## DATA IN THIS EXERCISE
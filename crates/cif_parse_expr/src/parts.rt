//! Parts of a source that are read one after the other.

ghost use Rattle.std.specs.Prelude.{◌≡◌, [], ◌∷◌, IfOk};
ghost use Rattle.grammar.specs.Lang.{flat};
ghost use Rattle.grammar.specs.Reader as reader;
ghost use Rattle.grammar.specs.Loops.{after, flat_after};
ghost use Rattle.cif_parse_expr.specs.TokenKinds as kinds;
ghost use Rattle.cif_parse_expr.specs.Reading as reading;
ghost use Rattle.cif_parse_expr.specs.Parts as parts;
ghost use Rattle.cif_parse_expr.specs.Gives.{Gives};

use crate::tokens::{Read, sign, starts};
use cif_base::{Boxed, Items, Memory};
use cif_lex::{Mark, Token, TokenKind};
use std::alloc::Global;

/// A part of a source, of which a reader takes the tree from the front.
pub trait Part {
    type Tree: Drop;

    ghost use Rattle.grammar.specs.Pieces.{Text};
    ghost use Rattle.grammar.specs.Reader.{Reader};
    ghost use Rattle.cif_lex.specs.declared.token.Token.{Token};
    ghost use Rattle.cif_parse_expr.specs.Gives.{Gives};

    ghost tree_at: { Self → Text → Reader Token Self.Tree };

    /// The part at the front.
    fn read<'a>(&self, alloc: Global, text: &[u8], tokens: &'a [Token]) -> Read<'a, Self::Tree>
        ensures { Gives (λ x. (x.0, x.1.now)) result (tree_at self.now text.now tokens.now) };
}

/// A list of one item, in the memory of that item alone: most lists of a source have no more.
pub fn only<T: Drop>(alloc: Global, item: T) -> Result<Items<T>, Memory>
    ensures { IfOk result (λ all. all ≡ item ∷ []) }
{
    let mut all = Items::from_vec(Vec::with_capacity(alloc, 1)?);
    all.push(item)?;
    Ok(all)
}

/// A list without memory for more items than it has.
pub fn fitted<T>(list: Items<T>) -> Items<T>
    ensures { result ≡ list }
{
    let mut all = list.into_vec();
    all.shrink_to_fit();
    Items::from_vec(all)
}

/// A sign and a part.
#[tactic(auto, unfolding(crate::specs::Reading::after_sign_at))]
fn next<'a, P: Part>(
    part: &P,
    alloc: Global,
    text: &[u8],
    mark: Mark,
    tokens: &'a [Token],
) -> Read<'a, P::Tree>
    ensures { Gives (λ x. (x.0, x.1.now)) result (reading.after_sign_at mark (P.tree_at part.now text.now) tokens.now) }
{
    let (_sign, rest) = sign(tokens, mark)?;
    part.read(alloc, text, rest)
}

/// Parts, each after a sign, behind those that are found.
#[tactic(auto, using(grammar::proofs::Loops::after_step, grammar::proofs::Loops::after_stop, grammar::proofs::Loops::after_fail, grammar::proofs::Loops::after_end))]
fn more<'a, P: Part>(
    part: &P,
    alloc: Global,
    text: &[u8],
    mark: Mark,
    tokens: &'a [Token],
    mut found: Items<P::Tree>,
) -> Read<'a, Items<P::Tree>>
    ensures { Gives (λ x. (x.0, x.1.now)) result (after found (reader.many_at kinds.sort (reading.first_sign mark) (reading.after_sign_at mark (P.tree_at part.now text.now)) tokens.now)) }
{
    let mut rest = tokens;
    for _turn in 0..tokens.len() {
        if !starts(rest, &[TokenKind::Sign(mark)]) {
            return Ok((found, rest));
        }
        let (item, left) = next(part, alloc, text, mark, rest)?;
        found.push(item)?;
        rest = left;
    }
    Ok((found, rest))
}

/// One part or more, with a sign between them.
#[tactic(auto, using(grammar::proofs::Loops::list_after), unfolding(crate::specs::Reading::separated_at))]
pub fn separated<'a, P: Part>(
    part: &P,
    alloc: Global,
    text: &[u8],
    mark: Mark,
    tokens: &'a [Token],
) -> Read<'a, Items<P::Tree>>
    ensures { Gives (λ x. (x.0, x.1.now)) result (reading.separated_at mark (P.tree_at part.now text.now) tokens.now) }
{
    let (first, rest) = part.read(alloc, text, tokens)?;
    let found = only(alloc, first)?;
    let (found, rest) = more(part, alloc, text, mark, rest, found)?;
    Ok((fitted(found), rest))
}

/// A part where the next token is one of those that begin it.
pub fn optional<'a, P: Part>(
    part: &P,
    alloc: Global,
    text: &[u8],
    among: &[TokenKind],
    tokens: &'a [Token],
) -> Read<'a, Option<P::Tree>>
    ensures { Gives (λ x. (x.0, x.1.now)) result (reader.optional_at kinds.sort (kinds.codes_of among.now) (P.tree_at part.now text.now) tokens.now) }
{
    if !starts(tokens, among) {
        return Ok((None, tokens));
    }
    let (found, rest) = part.read(alloc, text, tokens)?;
    Ok((Some(found), rest))
}

/// Parts one after the other, for as long as the next token is one of those that begin them.
#[tactic(auto, using(grammar::proofs::Loops::after_step, grammar::proofs::Loops::after_stop, grammar::proofs::Loops::after_fail, grammar::proofs::Loops::after_end, grammar::proofs::Loops::after_none))]
pub fn repeated<'a, P: Part>(
    part: &P,
    alloc: Global,
    text: &[u8],
    among: &[TokenKind],
    tokens: &'a [Token],
) -> Read<'a, Items<P::Tree>>
    ensures { Gives (λ x. (x.0, x.1.now)) result (reader.many_at kinds.sort (kinds.codes_of among.now) (P.tree_at part.now text.now) tokens.now) }
{
    let mut found = Items::new(alloc);
    let mut rest = tokens;
    for _turn in 0..tokens.len() {
        if !starts(rest, among) {
            return Ok((found, rest));
        }
        let (item, left) = part.read(alloc, text, rest)?;
        found.push(item)?;
        rest = left;
    }
    Ok((found, rest))
}

/// Parts one after the other, each of which is a list, as one list.
#[tactic(auto, using(grammar::proofs::Loops::flat_step, grammar::proofs::Loops::flat_stop, grammar::proofs::Loops::flat_fail, grammar::proofs::Loops::flat_end, grammar::proofs::Loops::flat_after_none), unfolding(crate::specs::Parts::joined_at))]
pub fn joined<'a, T: Drop, P: Part<Tree = Items<T>>>(
    part: &P,
    alloc: Global,
    text: &[u8],
    among: &[TokenKind],
    tokens: &'a [Token],
) -> Read<'a, Items<T>>
    ensures { Gives (λ x. (x.0, x.1.now)) result (parts.joined_at among.now (P.tree_at part.now text.now) tokens.now) }
{
    let mut found = Items::new(alloc);
    let mut rest = tokens;
    for _turn in 0..tokens.len() {
        if !starts(rest, among) {
            return Ok((found, rest));
        }
        let (items, left) = part.read(alloc, text, rest)?;
        found.append(items)?;
        rest = left;
    }
    Ok((found, rest))
}

/// One part or more with a sign between them, each of which is a list, as one list.
#[tactic(auto, unfolding(crate::specs::Parts::joined_list_at))]
pub fn joined_list<'a, T: Drop, P: Part<Tree = Items<T>>>(
    part: &P,
    alloc: Global,
    text: &[u8],
    mark: Mark,
    tokens: &'a [Token],
) -> Read<'a, Items<T>>
    ensures { Gives (λ x. (x.0, x.1.now)) result (parts.joined_list_at mark (P.tree_at part.now text.now) tokens.now) }
{
    let (lists, rest) = separated(part, alloc, text, mark, tokens)?;
    Ok((flattened(alloc, lists)?, rest))
}

/// Lists as one list.
#[tactic(auto, using(crate::proofs::FlatLaws::flat_last))]
fn flattened<T: Drop>(alloc: Global, lists: Items<Items<T>>) -> Result<Items<T>, Memory>
    ensures { IfOk result (λ all. all ≡ flat lists) }
{
    let mut all = Items::new(alloc);
    for list in lists.into_vec() {
        all.append(list)?;
    }
    Ok(all)
}

/// The values of a list of boxes.
fn unboxed<T: Drop>(alloc: Global, boxes: Items<Boxed<T>>) -> Result<Items<T>, Memory>
    ensures { IfOk result (λ all. all ≡ boxes) }
{
    let boxes = boxes.into_vec();
    let mut all = Items::from_vec(Vec::with_capacity(alloc, boxes.len())?);
    for each in boxes {
        all.push(each.into_inner())?;
    }
    Ok(all)
}

/// The value that is in a box, where there is one.
pub fn inside<T>(boxed: Option<Boxed<T>>) -> Option<T>
    ensures { result ≡ boxed }
{
    match boxed {
        Some(boxed) => Some(boxed.into_inner()),
        None => None,
    }
}

/// One part or more with a sign between them, of which each is read into a box: a reader whose result has the place of a large
/// tree in it is slow to check.
pub fn separated_boxes<'a, T: Drop, P: Part<Tree = Boxed<T>>>(
    part: &P,
    alloc: Global,
    text: &[u8],
    mark: Mark,
    tokens: &'a [Token],
) -> Read<'a, Items<T>>
    ensures { Gives (λ x. (x.0, x.1.now)) result (reading.separated_at mark (P.tree_at part.now text.now) tokens.now) }
{
    let (found, rest) = separated(part, alloc, text, mark, tokens)?;
    Ok((unboxed(alloc, found)?, rest))
}

/// Parts one after the other, of which each is read into a box.
pub fn repeated_boxes<'a, T: Drop, P: Part<Tree = Boxed<T>>>(
    part: &P,
    alloc: Global,
    text: &[u8],
    among: &[TokenKind],
    tokens: &'a [Token],
) -> Read<'a, Items<T>>
    ensures { Gives (λ x. (x.0, x.1.now)) result (reader.many_at kinds.sort (kinds.codes_of among.now) (P.tree_at part.now text.now) tokens.now) }
{
    let (found, rest) = repeated(part, alloc, text, among, tokens)?;
    Ok((unboxed(alloc, found)?, rest))
}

## YOUR OBJECTIVE
State how many lines of the listing include the word "front". Reply with the number alone.

## COMPLETED TASK
2